● WORK TO BE COMPLETED
Search each line of the data for the word "beside"; copy every line where it is found.

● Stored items
____

//! Decimal numbers.
ghost use Rattle.std.specs.Prelude.{◌≡◌, ◌+◌, ◌*◌, ◌-◌, ◌<◌, ◌≤◌, ◌^◌, IfOk, IfErr, SomeIff, length};
ghost use Rattle.std.specs.Char.{is_ascii_digit};
ghost use Rattle.std.specs.List.{list_all};
ghost use Rattle.tl_model.specs.Decimal.{IsDecimal, decimal_value, is_decimal};
ghost use Rattle.tl_text.specs.Numbers.{IsNumberFault};

use thiserror::Error;

/// Why a text is no number of a type.
#[derive(Debug, Drop, Error)]
pub enum NumberError {
    /// The text isn't one or more decimal digits.
    #[error("not a number")]
    NotNumber,
    /// The number is above the type's greatest, which is `limit`.
    #[error("a number above {limit}")]
    TooLarge { limit: u64 },
}

fn has_digits_alone(text: &[u8]) -> bool
    ensures { result ≡ list_all is_ascii_digit text.now }
{
    text.iter().all(|b| b.is_ascii_digit())
}

fn is_number(text: &[u8]) -> bool
    ensures { result ≡ is_decimal text.now }
{
    !text.is_empty() && has_digits_alone(text)
}

fn next_value(value: u64, digit: u8) -> Option<u64>
    requires from { 48 ≤ digit }
    ensures { SomeIff result (value * 10 + (digit - 48) < 2 ^ 64) (value * 10 + (digit - 48)) }
{
    value.checked_mul(10)?.checked_add(u64::from(digit - b'0'))
}

/// The number that decimal digits stand for. Leading zeros are read, a sign is none. Takes no memory.
/// `NotNumber` where the text isn't one or more decimal digits, `TooLarge` where the number passes 2^64 - 1.
pub fn decimal_u64(text: &[u8]) -> Result<u64, NumberError>
    ensures number { IfOk result (λ n. IsDecimal text.now × (n ≡ decimal_value text.now)) }
    ensures fault { IfErr result (λ e. IsNumberFault 18446744073709551615 text.now e) }
{
    if !is_number(text) {
        return Err(NumberError::NotNumber);
    }
    let mut value = 0u64;
    for digit in text {
        match next_value(value, *digit) {
            Some(next) => value = next,
            None => return Err(NumberError::TooLarge { limit: u64::MAX }),
        }
    }
    Ok(value)
}

/// The number that decimal digits stand for. Leading zeros are read, a sign is none. Takes no memory.
/// `NotNumber` where the text isn't one or more decimal digits, `TooLarge` where the number passes 2^32 - 1.
pub fn decimal_u32(text: &[u8]) -> Result<u32, NumberError>
    ensures number { IfOk result (λ n. IsDecimal text.now × (n ≡ decimal_value text.now)) }
    ensures fault { IfErr result (λ e. IsNumberFault 4294967295 text.now e) }
{
    let limit = u64::from(u32::MAX);
    match decimal_u64(text) {
        Ok(value) if value <= limit => Ok(value as u32),
        Ok(_) | Err(NumberError::TooLarge { .. }) => Err(NumberError::TooLarge { limit }),
        Err(NumberError::NotNumber) => Err(NumberError::NotNumber),
    }
}
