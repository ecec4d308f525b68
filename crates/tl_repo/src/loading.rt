//! The loading of a repository.
ghost use Rattle.std.specs.Prelude.{◌≡◌, ◌≤◌, length, IfOk, IfErr};
ghost use Rattle.tl_model.specs.Causes.{HasCauseOf, Rose};
ghost use Rattle.tl_model.specs.Devices.{SameShelf};
ghost use Rattle.tl_model.specs.Seen.{Told};
ghost use Rattle.tl_kind.specs.Quantities.{limit_of};
ghost use Rattle.tl_kind.specs.declared.quantity.What.TheVariants.{Database};
ghost use Rattle.tl_repo.specs.Faults.{Gives, IsAbsent, IsOfBytes};
ghost use Rattle.tl_repo.specs.Files.{volume_of};
ghost use Rattle.tl_repo.specs.Loading.{entries_under, repo_of};
ghost use Rattle.tl_repo.specs.declared.error.RepoError.TheVariants.{ShelfFault as Fault};

use crate::digest::read_digest;
use crate::error::RepoError;
use crate::file::read_file;
use sha2::{Digest, Sha512};
use std::alloc::Global;
use tl_db::{Db, DbError, Repo, read_db};
use tl_host::Shelf;
use tl_kind::What;
use tl_path::{PathRef, Tag};

// The entries of a database with this digest.
fn read_entries(alloc: Global, text: &[u8], want: [u8; 64]) -> Result<Db, RepoError>
    requires { length text.now ≤ limit_of Database }
    ensures entries { Gives (λ db. db) result (entries_under want text.now) }
    ensures bytes { IfErr result IsOfBytes }
{
    let got = Sha512::digest(text);
    if got != want {
        return Err(RepoError::RepoDigest { want, got });
    }
    match read_db(alloc, text) {
        Ok(db) => Ok(db),
        Err(DbError::BadDatabase { line, kind }) => Err(RepoError::RepoDatabase { line, kind }),
        Err(DbError::TooLarge { what, limit }) => Err(RepoError::TooLarge { what, limit }),
        Err(DbError::NoMemory) => Err(RepoError::NoMemory),
    }
}

/// The repository of a number, loaded under a tag. In this order: `Absent` and `TooLarge` of the database; `Absent` of the file with its
/// digest, and `BadDigestLine` where that states none; `RepoDigest` where the database has another; only then is it read:
/// `RepoDatabase`, and `TooLarge` of `Packages`. `Absent` comes only where the count of absences rose, `ShelfFault` only where that of
/// faults did. It takes memory for the database's text and its entries.
pub fn load<S: Shelf>(
    alloc: Global,
    shelf: &mut S,
    number: u32,
    tag: &Tag,
) -> Result<Repo, RepoError>
    ensures repo { Told S.tells (Gives (λ r. r) result
        (repo_of number tag.now (volume_of (S.seen shelf.old).repositories number))) }
    ensures named { IfOk result (λ repo. (repo.number ≡ number) × (repo.tag ≡ tag.now)) }
    ensures same { SameShelf (S.seen shelf.old) (S.seen shelf.new) }
    ensures cause { HasCauseOf (λ error. error ≡ Fault) (S.seen shelf.old).faults (S.seen shelf.new).faults result }
    ensures absent { IfErr result (λ error. IsAbsent error → Rose (S.seen shelf.old).absences (S.seen shelf.new).absences) }
{
    let name = PathRef::known("tlpkg/texlive.tlpdb").to_path(alloc)?;
    let text = read_file(alloc, shelf, number, name, What::Database)?;
    let want = read_digest(alloc, shelf, number)?;
    let db = read_entries(alloc, text.as_slice(), want)?;
    let tag = tag.clone()?;
    Ok(Repo { number, tag, db })
}
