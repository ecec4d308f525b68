//! The lines of a text and the words of a line, as spans.
ghost use Rattle.std.specs.Prelude.{◌≡◌, ◌+◌, ◌<◌, ◌≤◌, ◌^◌, ◌++◌, ◌||◌, ◌==◌, IfOk, IfErr, OnOk, length};
ghost use Rattle.tl_model.specs.Lines as the_lines;
ghost use Rattle.tl_model.specs.Words as the_words;
ghost use Rattle.tl_text.specs.Spans.{stretches, AreRising, line_spans, run_spans};
ghost use Rattle.tl_text.specs.Quotes.{IsQuoteFault};
ghost use Rattle.tl_text.specs.Quotes as the_quotes;

use crate::span::Span;
use std::alloc::{AllocError, Global};
use thiserror::Error;

/// Why a line has no quoted words.
#[derive(Debug, Drop, Error)]
pub enum QuoteError {
    /// The double quote at this place has no partner.
    #[error("the quote at {at} has no partner")]
    BadQuote { at: u32 },
    #[error("out of memory")]
    NoMemory,
}

impl From<AllocError> for QuoteError {
    ghost use Rattle.std.specs.Prelude.{◌≡◌};
    ghost use Rattle.tl_text.specs.declared.words.QuoteError.TheVariants.{NoMemory};

    ghost from_gives = { λ _ e. e ≡ NoMemory };

    fn from(_error: AllocError) -> QuoteError {
        QuoteError::NoMemory
    }
}

fn push_run(spans: &mut Vec<Span>, start: usize, end: usize) -> Result<(), AllocError>
    requires { end < 2 ^ 32 }
    ensures { OnOk result (spans.new.items ≡ spans.old.items ++ run_spans start end) }
{
    if start < end {
        spans.push(Span {
            start: start as u32,
            end: end as u32,
        })?;
    }
    Ok(())
}

fn is_blank(b: u8) -> bool
    ensures { result ≡ the_words.is_blank b }
{
    b == b' ' || b == b'\t'
}

/// The spans of the lines of a text, without their ends.
pub fn lines(alloc: Global, text: &[u8]) -> Result<Vec<Span>, AllocError>
    requires { length text.now < 2 ^ 32 }
    ensures lines { IfOk result (λ spans. stretches text.now spans.items ≡ the_lines.lines text.now) }
    ensures places { IfOk result (λ spans. spans.items ≡ line_spans 0 (the_lines.lines text.now)) }
    ensures rising { IfOk result (λ spans. AreRising (length text.now) spans.items) }
{
    let mut spans = Vec::new(alloc);
    let mut start = 0;
    for (i, b) in text.iter().enumerate() {
        if *b == b'\n' {
            spans.push(Span {
                start: start as u32,
                end: i as u32,
            })?;
            start = i + 1;
        }
    }
    push_run(&mut spans, start, text.len())?;
    Ok(spans)
}

/// The spans of the maximal runs of bytes that aren't blanks. A blank is a space or a tab.
pub fn fields(alloc: Global, line: &[u8]) -> Result<Vec<Span>, AllocError>
    requires { length line.now < 2 ^ 32 }
    ensures fields { IfOk result (λ spans. stretches line.now spans.items ≡ the_words.fields line.now) }
    ensures rising { IfOk result (λ spans. AreRising (length line.now) spans.items) }
{
    let mut spans = Vec::new(alloc);
    let mut start = 0;
    for (i, b) in line.iter().enumerate() {
        if is_blank(*b) {
            push_run(&mut spans, start, i)?;
            start = i + 1;
        }
    }
    push_run(&mut spans, start, line.len())?;
    Ok(spans)
}

fn quote_after(quote: Option<u32>, b: u8, at: u32) -> Option<u32>
    ensures { result ≡ the_quotes.quote_after quote b at }
{
    match quote {
        Some(_) if b == b'"' => None,
        None if b == b'"' => Some(at),
        _ => quote,
    }
}

/// The spans of the maximal runs of bytes that aren't blanks, where blanks in a quoted stretch don't count.
/// A double quote begins a stretch up to the next one. `BadQuote` where the double quote at that place has no partner.
pub fn quoted_words(alloc: Global, line: &[u8]) -> Result<Vec<Span>, QuoteError>
    requires { length line.now < 2 ^ 32 }
    ensures words { IfOk result (λ spans. stretches line.now spans.items ≡ the_words.quoted_words line.now) }
    ensures quoted { OnOk result (the_words.IsQuoted line.now) }
    ensures rising { IfOk result (λ spans. AreRising (length line.now) spans.items) }
    ensures fault { IfErr result (λ e. IsQuoteFault line.now e) }
{
    let mut spans = Vec::new(alloc);
    let mut start = 0;
    let mut quote = None;
    for (i, b) in line.iter().enumerate() {
        if quote.is_none() && is_blank(*b) {
            push_run(&mut spans, start, i)?;
            start = i + 1;
        }
        quote = quote_after(quote, *b, i as u32);
    }
    if let Some(at) = quote {
        return Err(QuoteError::BadQuote { at });
    }
    push_run(&mut spans, start, line.len())?;
    Ok(spans)
}
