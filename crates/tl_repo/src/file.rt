//! Files of a repository, read whole.
ghost use Rattle.std.specs.Prelude.{◌≡◌, ◌≤◌, None, length, vec_len, IfOk, IfErr};
ghost use Rattle.tl_model.specs.Causes.{HasCauseOf, Rose};
ghost use Rattle.tl_model.specs.Devices.{SameShelf, in_repository};
ghost use Rattle.tl_model.specs.Seen.{Told};
ghost use Rattle.tl_kind.specs.Quantities.{limit_of};
ghost use Rattle.tl_repo.specs.Faults.{fault_of, Gives, IsAbsent};
ghost use Rattle.tl_repo.specs.Files.{bytes_within, held_by};
ghost use Rattle.tl_repo.specs.declared.error.RepoError.TheVariants.{ShelfFault as Fault};

use crate::error::RepoError;
use std::alloc::Global;
use tl_host::Shelf;
use tl_kind::What;
use tl_path::Path;

const PIECE: usize = 65536;

// The bytes of a file of a repository that has no more of them than the quantity may have, read in pieces of 65,536 bytes; a file that
// grows past that while it is read is refused too.
pub(crate) fn read_file<S: Shelf>(
    alloc: Global,
    shelf: &mut S,
    number: u32,
    name: Path,
    what: What,
) -> Result<Vec<u8>, RepoError>
    ensures bytes { Told S.tells (Gives (λ v. v.items) result
        (bytes_within what name (in_repository (S.seen shelf.old) number name))) }
    ensures within { IfOk result (λ bytes. vec_len bytes ≤ limit_of what) }
    ensures same { SameShelf (S.seen shelf.old) (S.seen shelf.new) }
    ensures cause { HasCauseOf (λ error. error ≡ Fault) (S.seen shelf.old).faults (S.seen shelf.new).faults result }
    ensures absent { IfErr result (λ error. IsAbsent error → Rose (S.seen shelf.old).absences (S.seen shelf.new).absences) }
{
    let limit = what.limit();
    let Some(size) = shelf.size(number, &name)? else {
        return Err(RepoError::Absent { name });
    };
    if size > limit {
        return Err(RepoError::TooLarge { what, limit });
    }
    let bytes = read_bytes(alloc, shelf, number, &name, size)?;
    if bytes.len() as u64 > limit {
        return Err(RepoError::TooLarge { what, limit });
    }
    Ok(bytes)
}

// The first bytes of a file, so many as this.
fn read_bytes<S: Shelf>(
    alloc: Global,
    shelf: &mut S,
    number: u32,
    name: &Path,
    size: u64,
) -> Result<Vec<u8>, RepoError>
    requires { Told S.tells (size ≡ length (held_by (S.seen shelf.old) number name.now)) }
    ensures bytes { Told S.tells (IfOk result (λ bytes. bytes.items ≡ held_by (S.seen shelf.old) number name.now)) }
    ensures device { IfErr result (λ error. fault_of error ≡ None) }
    ensures same { SameShelf (S.seen shelf.old) (S.seen shelf.new) }
    ensures cause { HasCauseOf (λ error. error ≡ Fault) (S.seen shelf.old).faults (S.seen shelf.new).faults result }
{
    let mut bytes = Vec::new(alloc);
    let mut piece = [0u8; PIECE];
    while (bytes.len() as u64) < size {
        let count = shelf.read(number, name, bytes.len() as u64, &mut piece)?;
        if count == 0 {
            break;
        }
        bytes.extend_from_slice(&piece[..count])?;
    }
    Ok(bytes)
}
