//! Lines, fields, numbers, quoted words and short texts: the small readers that every other reader stands on.
#![tactic(auto)]

mod number;
mod span;
mod text;
mod words;

pub use number::{NumberError, decimal_u32, decimal_u64};
pub use span::Span;
pub use text::{Text, TextError};
pub use words::{QuoteError, fields, lines, quoted_words};
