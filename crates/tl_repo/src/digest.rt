//! The digest that is stated beside a repository's database.
ghost use Rattle.std.specs.Prelude.{◌≡◌, IfErr};
ghost use Rattle.tl_model.specs.Causes.{HasCauseOf, Rose};
ghost use Rattle.tl_model.specs.Devices.{SameShelf, in_repository};
ghost use Rattle.tl_model.specs.Seen.{Told};
ghost use Rattle.tl_repo.specs.Faults.{Gives, IsAbsent};
ghost use Rattle.tl_repo.specs.Files.{digest_in, digest_name, digest_stated, is_ended};
ghost use Rattle.tl_repo.specs.declared.error.RepoError.TheVariants.{ShelfFault as Fault};

use crate::error::RepoError;
use std::alloc::Global;
use tl_host::Shelf;
use tl_path::PathRef;

const DIGITS: usize = 128;

// A digest's digits and the byte behind them.
const FRONT: usize = 129;

// Whether the digits end here.
fn is_ended(text: &[u8]) -> bool
    ensures { result ≡ is_ended text.now }
{
    match text.first() {
        Some(byte) => matches!(*byte, b' ' | b'\t' | b'\n'),
        None => true,
    }
}

// The digest that a text states: 128 hexadecimal digits, with a blank, a line end or nothing behind them.
fn digest_in(text: &[u8]) -> Option<[u8; 64]>
    ensures { result ≡ digest_in text.now }
{
    let Some((digits, rest)) = text.split_at_checked(DIGITS) else {
        return None;
    };
    if !is_ended(rest) {
        return None;
    }
    let mut digest = [0; 64];
    match hex::decode_to_slice(digits, &mut digest) {
        Ok(()) => Some(digest),
        Err(_) => None,
    }
}

// The digest that the file beside a repository's database states.
pub(crate) fn read_digest<S: Shelf>(
    alloc: Global,
    shelf: &mut S,
    number: u32,
) -> Result<[u8; 64], RepoError>
    ensures digest { Told S.tells (Gives (λ d. d) result
        (digest_stated (in_repository (S.seen shelf.old) number digest_name))) }
    ensures same { SameShelf (S.seen shelf.old) (S.seen shelf.new) }
    ensures cause { HasCauseOf (λ error. error ≡ Fault) (S.seen shelf.old).faults (S.seen shelf.new).faults result }
    ensures absent { IfErr result (λ error. IsAbsent error → Rose (S.seen shelf.old).absences (S.seen shelf.new).absences) }
{
    let name = PathRef::known("tlpkg/texlive.tlpdb.sha512").to_path(alloc)?;
    if shelf.size(number, &name)?.is_none() {
        return Err(RepoError::Absent { name });
    }
    let mut front = [0u8; FRONT];
    let count = shelf.read(number, &name, 0, &mut front)?;
    digest_in(&front[..count]).ok_or(RepoError::BadDigestLine)
}
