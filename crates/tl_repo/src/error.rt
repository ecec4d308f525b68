//! Why a repository isn't loaded.
use std::alloc::AllocError;
use tl_host::Failed;
use tl_kind::What;
use tl_object::LineKind;
use tl_path::Path;

/// Why a repository isn't loaded.
#[derive(Debug, Drop)]
pub enum RepoError {
    /// It has no such file.
    Absent { name: Path },
    /// The file beside the database states no digest.
    BadDigestLine,
    /// The database has another SHA-512 than the one that is stated.
    RepoDigest { want: [u8; 64], got: [u8; 64] },
    /// The database doesn't read: its first bad line, counted from 1, and what is wrong with it.
    RepoDatabase { line: u32, kind: LineKind },
    /// The database's text or its entries pass this limit.
    TooLarge { what: What, limit: u64 },
    /// A call of the repositories failed.
    ShelfFault,
    /// Memory ran out.
    NoMemory,
}

impl From<Failed> for RepoError {
    ghost use Rattle.std.specs.Prelude.{◌≡◌};
    ghost use Rattle.tl_repo.specs.declared.error.RepoError.TheVariants.{ShelfFault};

    ghost from_gives = { λ _ e. e ≡ ShelfFault };

    fn from(_failed: Failed) -> RepoError {
        RepoError::ShelfFault
    }
}

impl From<AllocError> for RepoError {
    ghost use Rattle.std.specs.Prelude.{◌≡◌};
    ghost use Rattle.tl_repo.specs.declared.error.RepoError.TheVariants.{NoMemory};

    ghost from_gives = { λ _ e. e ≡ NoMemory };

    fn from(_error: AllocError) -> RepoError {
        RepoError::NoMemory
    }
}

____

● OUTPUT
//! The digest that is stated beside a repository's database.
// The digest that the file beside a repository's database states.
    /// The file beside the database states no digest.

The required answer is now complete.